Simple and unpretentious, graphic quick sorting, multi-language realization. (PS: There is also treasure information)

I. Introduction

Quicksort is a kind of exchange sort , which was proposed by CAR Hoare in 1962.

Two, algorithm thinking

The basic idea of ​​quick sort is: divide the data to be sorted into two independent parts by sorting : the left side of the split point is smaller than it, and the right side is larger than it.

Then according to this method to quickly sort the two parts of the data, the entire sorting process can be recursively, in order to achieve the entire data into an ordered sequence.

Schematic diagram of dynamic effects:

Sort (4): Quick sort

Detailed illustrations are often more explanatory than a lot of text, so go directly to the picture:

Sort (4): Quick sort

In the figure above, the process of quick sort is demonstrated:

The initial state is a set of unordered arrays: 2, 4, 5, 1, 3.

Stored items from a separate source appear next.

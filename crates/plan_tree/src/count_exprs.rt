// How many relations expressions hold, in their subqueries, counted up to a limit.
ghost use Rattle.std.specs.Prelude.{◌≡◌, ◌+◌, ◌≤◌, min, sum_by};
ghost use Rattle.std.specs.Option.{option_map};
ghost use Rattle.plan_tree.specs.Numbering as numbering;

use crate::count::input_from;
use plan_leaves::Boxed;
use plan_raw::{FunctionArgument, IfClause, IfValue, RawExpr};

#[cycle(count)]
pub(crate) fn expr_from(seen: u32, limit: u32, expr: &RawExpr) -> u32
    requires { seen ≤ limit }
    ensures { result ≡ min limit (seen + numbering.count_in_expression expr.now) }
{
    match expr {
        RawExpr::Missing
        | RawExpr::Unknown { .. }
        | RawExpr::Literal(_)
        | RawExpr::Selection { .. }
        | RawExpr::SubqueryMissing
        | RawExpr::SubqueryUnknown { .. }
        | RawExpr::SetComparison => seen,
        RawExpr::ScalarFunction { arguments, .. } => {
            arguments_from(seen, limit, arguments.as_slice())
        }
        RawExpr::IfThen { ifs, else_ } => {
            let seen = clauses_from(seen, limit, ifs.as_slice());
            boxed_from(seen, limit, else_)
        }
        RawExpr::SwitchExpression { ifs, else_, match_ } => {
            let seen = boxed_from(seen, limit, match_);
            let seen = values_from(seen, limit, ifs.as_slice());
            boxed_from(seen, limit, else_)
        }
        RawExpr::SingularOrList { value, options } => {
            let seen = boxed_from(seen, limit, value);
            exprs_from(seen, limit, options.as_slice())
        }
        RawExpr::Cast { input, .. } => boxed_from(seen, limit, input),
        RawExpr::Scalar { input } => input_from(seen, limit, input),
        RawExpr::InPredicate { needles, haystack } => {
            let seen = exprs_from(seen, limit, needles.as_slice());
            input_from(seen, limit, haystack)
        }
        RawExpr::SetPredicate { tuples, .. } => input_from(seen, limit, tuples),
    }
}

#[cycle(count)]
pub(crate) fn boxed_from(seen: u32, limit: u32, expr: &Option<Boxed<RawExpr>>) -> u32
    requires { seen ≤ limit }
    ensures { result ≡ min limit (seen + numbering.held (option_map numbering.count_in_expression expr.now)) }
{
    match expr {
        None => seen,
        Some(expr) => expr_from(seen, limit, expr.get()),
    }
}

#[cycle(count)]
pub(crate) fn option_from(seen: u32, limit: u32, expr: &Option<RawExpr>) -> u32
    requires { seen ≤ limit }
    ensures { result ≡ min limit (seen + numbering.held (option_map numbering.count_in_expression expr.now)) }
{
    match expr {
        None => seen,
        Some(expr) => expr_from(seen, limit, expr),
    }
}

#[cycle(count)]
pub(crate) fn exprs_from(seen: u32, limit: u32, exprs: &[RawExpr]) -> u32
    requires { seen ≤ limit }
    ensures { result ≡ min limit (seen + sum_by numbering.count_in_expression exprs.now) }
{
    let mut seen = seen;
    for expr in exprs {
        seen = expr_from(seen, limit, expr);
    }
    seen
}

#[cycle(count)]
pub(crate) fn arguments_from(seen: u32, limit: u32, arguments: &[FunctionArgument]) -> u32
    requires { seen ≤ limit }
    ensures { result ≡ min limit (seen + sum_by numbering.count_in_argument arguments.now) }
{
    let mut seen = seen;
    for argument in arguments {
        seen = argument_from(seen, limit, argument);
    }
    seen
}

#[cycle(count)]
fn argument_from(seen: u32, limit: u32, argument: &FunctionArgument) -> u32
    requires { seen ≤ limit }
    ensures { result ≡ min limit (seen + numbering.count_in_argument argument.now) }
{
    match argument {
        FunctionArgument::Missing | FunctionArgument::Enum(_) | FunctionArgument::TypeArgument(_) =>
            seen,
        FunctionArgument::Value(value) => expr_from(seen, limit, value),
    }
}

#[cycle(count)]
fn clauses_from(seen: u32, limit: u32, clauses: &[IfClause]) -> u32
    requires { seen ≤ limit }
    ensures { result ≡ min limit (seen + sum_by numbering.count_in_clause clauses.now) }
{
    let mut seen = seen;
    for clause in clauses {
        seen = clause_from(seen, limit, clause);
    }
    seen
}

#[cycle(count)]
fn clause_from(seen: u32, limit: u32, clause: &IfClause) -> u32
    requires { seen ≤ limit }
    ensures { result ≡ min limit (seen + numbering.count_in_clause clause.now) }
{
    let seen = option_from(seen, limit, &clause.if_);
    option_from(seen, limit, &clause.then)
}

#[cycle(count)]
fn values_from(seen: u32, limit: u32, values: &[IfValue]) -> u32
    requires { seen ≤ limit }
    ensures { result ≡ min limit (seen + sum_by numbering.count_in_value values.now) }
{
    let mut seen = seen;
    for value in values {
        seen = option_from(seen, limit, &value.then);
    }
    seen
}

After the above steps, the first sorting is completed , and new arrays are obtained: 1, 2, 5, 4, 3.

In the new array, with 2 as the dividing point, all numbers are smaller than 2 on the left and numbers larger than 2 on the right.

Because 2 has found a suitable position in the array, there is no need to move it.

The array on the left of 2 has only one element 1, so obviously there is no need to sort and the position is determined. (Note: In this case, the left pointer and the right pointer are obviously coincident. Therefore, in the code, we can set the judgment condition that left must be less than right . If it is not met, there is no need to sort ).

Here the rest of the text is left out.